UK-based Indian steel tycoon Sanjeev Gupta says he is committed to saving the 4,000-odd jobs at the troubled Tata Steel’s Port Talbot plants, which are Britain’s largest, but has warned that the country’s steel crisis will not abate any time soon.
The 44-year-old founder and chief of Liberty House Group, who evinced interest in acquiring the steelworks in Wales, has since held a series of high-level discussions, including with UK business secretary Sajid Javid, to explore its viability.
In an interview with PTI, he said that the thought of nearly 4,000 jobs on the line are always on his mind.
He said: “There has been a lot of pressure and my number of sleeping hours has definitely gone down. It’s a difficult moment and whether we go ahead or not, that crunch time will
come in the next few weeks.
“If heavy job losses comes out to be the price to pay, we would not be the ones undertaking that exercise. We will undertake this exercise if we can sustain jobs, which we feel is possible at this stage,” Gupta said.
His comments come ahead of the formal process for the sale of Tata Steel’s UK units which is set to kick off tomorrow, when the Indian steel giant is expected to invite interested buyers. Bilateral negotiations are set to begin only after a formal short-listing process.
Gupta admits the crisis in the industry is set to get worse before it gets better due to excess steel capacity around the world but remains optimistic of its turnaround.

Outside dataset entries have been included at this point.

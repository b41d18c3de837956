//! OIL: grammar, names and numbers. Words and numbers at the front of a text.

ghost use Rattle.std.specs.Prelude.{
  ◌≡◌,
  ◌<◌,
  ◌≤◌,
  ◌^◌,
  ℕ,
  IsTrue,
  IfSome,
  IfNone,
  length,
  take,
  slice_index,
};
ghost use Rattle.osek_base.specs.Words.{is_word_byte, digit_of, AreDigits, number_from, IsNumeral, IsRun, IsWordOf, IsNumberOf, IsLine};

use crate::limits::MAX_NAME;

/// Whether a byte may stand in a word: an ASCII letter, a digit or `_`.
pub fn is_word_byte(byte: u8) -> bool
    ensures { result ≡ is_word_byte byte }
{
    byte.is_ascii_alphanumeric() || byte == b'_'
}

/// How many bytes the longest run of letters, digits and `_` at the front has, 0 where none stands there.
fn run_len(bytes: &[u8]) -> usize
    ensures { IsRun bytes.now result }
{
    let mut n = 0;
    while n < bytes.len() && is_word_byte(bytes[n]) {
        n += 1;
    }
    n
}

/// The word at the front: the longest run of letters, digits and `_` there, where it has no more than [`MAX_NAME`] bytes.
pub fn word_at(bytes: &[u8]) -> Option<&str>
    ensures some { IfSome result (λ w. IsWordOf bytes.now w.now) }
    ensures none { IfNone result ((n : ℕ) → IsRun bytes.now n → n ≤ MAX_NAME → ⊥) }
{
    let len = run_len(bytes);
    if len > MAX_NAME {
        return None;
    }
    Some(text_of(&bytes[..len]))
}

/// The text of a run, whose bytes are ASCII.
fn text_of(run: &[u8]) -> &str
    requires { (i : ℕ) → i < length run.now → IsTrue (is_word_byte (slice_index run.now i)) }
    ensures { result.now ≡ run.now }
{
    match std::str::from_utf8(run) {
        Ok(text) => text,
        Err(_) => unreachable!(),
    }
}

/// How many bytes stand before the next line feed; all, where there is none.
pub fn line_len(bytes: &[u8]) -> usize
    ensures { IsLine bytes.now result }
{
    let mut n = 0;
    while n < bytes.len() && bytes[n] != b'\n' {
        n += 1;
    }
    n
}

/// A NUMBER at the front of some bytes.
#[derive(Clone, Copy, PartialEq, Eq)]
pub struct Number {
    /// How many bytes it has.
    pub len: usize,
    pub value: u32,
}

/// The NUMBER at the front: the longest run of letters, digits and `_` there, where that is a numeral.
pub fn number_at(bytes: &[u8]) -> Option<Number>
    ensures some { IfSome result (λ n. IsNumberOf bytes.now n.len n.value) }
    ensures none { IfNone result ((n v : ℕ) → IsNumberOf bytes.now n v → ⊥) }
{
    let len = run_len(bytes);
    let value = numeral(&bytes[..len])?;
    Some(Number { len, value })
}

/// The value of a NUMBER: `0`, or decimal digits without a leading zero, or `0x` or `0X` and at least one hexadecimal
/// digit, of a value below 2^32. None for any other word.
fn numeral(word: &[u8]) -> Option<u32>
    ensures some { IfSome result (λ n. IsNumeral word.now n) }
    ensures none { IfNone result ((n : ℕ) → IsNumeral word.now n → ⊥) }
{
    match word {
        [b'0', b'x' | b'X', ..] => number_of(&word[2..], 16),
        [b'0', _, ..] => None,
        _ => number_of(word, 10),
    }
}

fn digit_of(byte: u8) -> u32
    ensures { result ≡ digit_of byte }
{
    match byte {
        b'0'..=b'9' => (byte - b'0') as u32,
        b'A'..=b'F' => (byte - b'A') as u32 + 10,
        b'a'..=b'f' => (byte - b'a') as u32 + 10,
        _ => 16,
    }
}

/// The number that digits spell, where there are some and it fits.
fn number_of(digits: &[u8], radix: u32) -> Option<u32>
    requires low { 0 < radix }
    requires high { radix ≤ 16 }
    ensures some { IfSome result
        (λ n. AreDigits radix digits.now × (n ≡ number_from radix 0 digits.now)) }
    ensures none { IfNone result
        (AreDigits radix digits.now → 2 ^ 32 ≤ number_from radix 0 digits.now) }
{
    if digits.is_empty() {
        return None;
    }
    let mut number: u32 = 0;
    for byte in digits {
        let digit = digit_of(*byte);
        if digit >= radix {
            return None;
        }
        number = number.checked_mul(radix)?.checked_add(digit)?;
    }
    Some(number)
}
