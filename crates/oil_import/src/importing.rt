//! OIL: grammar and standard objects. Files to the plain OIL that they mean.

ghost use Rattle.std.specs.Prelude.{IfOk, IfSome};
ghost use Rattle.std.specs.String.{string_bytes};
ghost use Rattle.oil_printer.specs.Plain.{IsPlain};

use crate::budgets::Budgets;
use crate::defaults::Defaults;
use crate::files::import_items;
use crate::includes::all_tokens;
use crate::items::{Item, declare_assigned, items_of};
use crate::long_names::shorten;
use crate::messages::{Messages, Subject};
use crate::reasons;
use crate::settings::Importer;
use crate::sources::{Place, Source};
use oil_printer::reprint_oil;
use std::alloc::{AllocError, Global};

/// What files become.
#[derive(Drop)]
pub struct PlainOil<'a> {
    /// Plain OIL, unless something was refused.
    pub text: Option<String>,
    pub messages: Messages<'a>,
    pub budgets: Budgets<'a>,
}

/// The items of all files, the defaults among them, and the place of the end.
fn all_items<'a>(
    alloc: Global,
    sources: &[Source<'a>],
    messages: &mut Messages<'a>,
) -> Result<(Vec<Item<'a>>, Defaults<'a>, Place), AllocError> {
    let (tokens, end) = all_tokens(alloc, sources, messages)?;
    let mut items = items_of(alloc, &tokens, end)?;
    declare_assigned(&mut items);
    shorten(alloc, &mut items, messages)?;
    let defaults = Defaults::new(alloc, &tokens)?;
    Ok((items, defaults, end))
}

/// Whether the first file is XML.
fn is_xml(sources: &[Source<'_>]) -> bool {
    let Some(source) = sources.first() else {
        return false;
    };
    for byte in source.content() {
        if !byte.is_ascii_whitespace() {
            return *byte == b'<';
        }
    }
    false
}

/// What files become before it is read and printed.
fn drafted<'a>(
    alloc: Global,
    sources: &[Source<'a>],
    is_bending: bool,
) -> Result<Importer<'a>, AllocError> {
    let mut messages = Messages::new(alloc);
    if is_xml(sources) {
        messages.refuse(Place::first(0), Subject::Word("XML"), reasons::XML)?;
        return Importer::new(alloc, &[], Defaults::none(alloc), messages, is_bending);
    }
    let (items, defaults, end) = all_items(alloc, sources, &mut messages)?;
    import_items(alloc, &items, defaults, end, messages, is_bending)
}

/// Plain OIL as it is printed, unless something was refused.
fn printed(alloc: Global, importer: &mut Importer<'_>) -> Result<Option<String>, AllocError>
    ensures { IfOk result (λ t. IfSome t (λ text. IsPlain (string_bytes text))) }
{
    if importer.messages.is_refused() {
        return Ok(None);
    }
    let text = reprint_oil(alloc, importer.draft.as_bytes())?;
    if text.is_none() {
        let place = Place::first(0);
        importer
            .messages
            .refuse(place, Subject::Word("CPU"), reasons::NOT_READ)?;
    }
    Ok(text)
}

/// Imports OIL files as they are used: the first one, and the others where they are included.
///
/// What is left out, set or refused is told by messages. Where nothing is refused there is a text,
/// and `read_oil` takes it. `is_bending` takes routines of category 1 and 3, those that list
/// resources, and tables that are synchronized with another meaning; they are refused without.
/// The only error is want of memory.
pub fn import<'a>(
    alloc: Global,
    sources: &[Source<'a>],
    is_bending: bool,
) -> Result<PlainOil<'a>, AllocError>
    ensures { IfOk result (λ i. IfSome i.text (λ text. IsPlain (string_bytes text))) }
{
    let mut importer = drafted(alloc, sources, is_bending)?;
    let text = printed(alloc, &mut importer)?;
    Ok(PlainOil {
        text,
        messages: importer.messages,
        budgets: importer.budgets,
    })
}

“I don’t think the crisis will abate any time soon as the main issue is excess capacity, which will continue in the world for some time. But based on domestic demand, each country can make an efficient industry out of it (steel),” he said.
And he feels he has worked out the right formula if he were to acquire the Port Talbot works, with plans to switch from the giant blast furnace to electric arc furnaces to recycle scrap steel instead of importing raw materials and then exporting scrap.
Asked if the government can do more to help, he said: “Even if more was or is done, the model itself is to be questioned. The model based on countries (China) where there is no raw material and they are holding everything is the problem.”
The Punjab-born graduate from Cambridge University is being dubbed the UK’s new “man of steel” after he emerged as a potential saviour of jobs if he were to acquire Tata Steel’s Welsh units, which went up for sale last month.
“Both the governments (British and Welsh) are very helpful and cooperative. Then it is a question of analysis, which we will have to undertake in-depth once we engage with Tata. That is when the model and concept we have clearly outlined and plan to pursue will be tested with real numbers,” he said.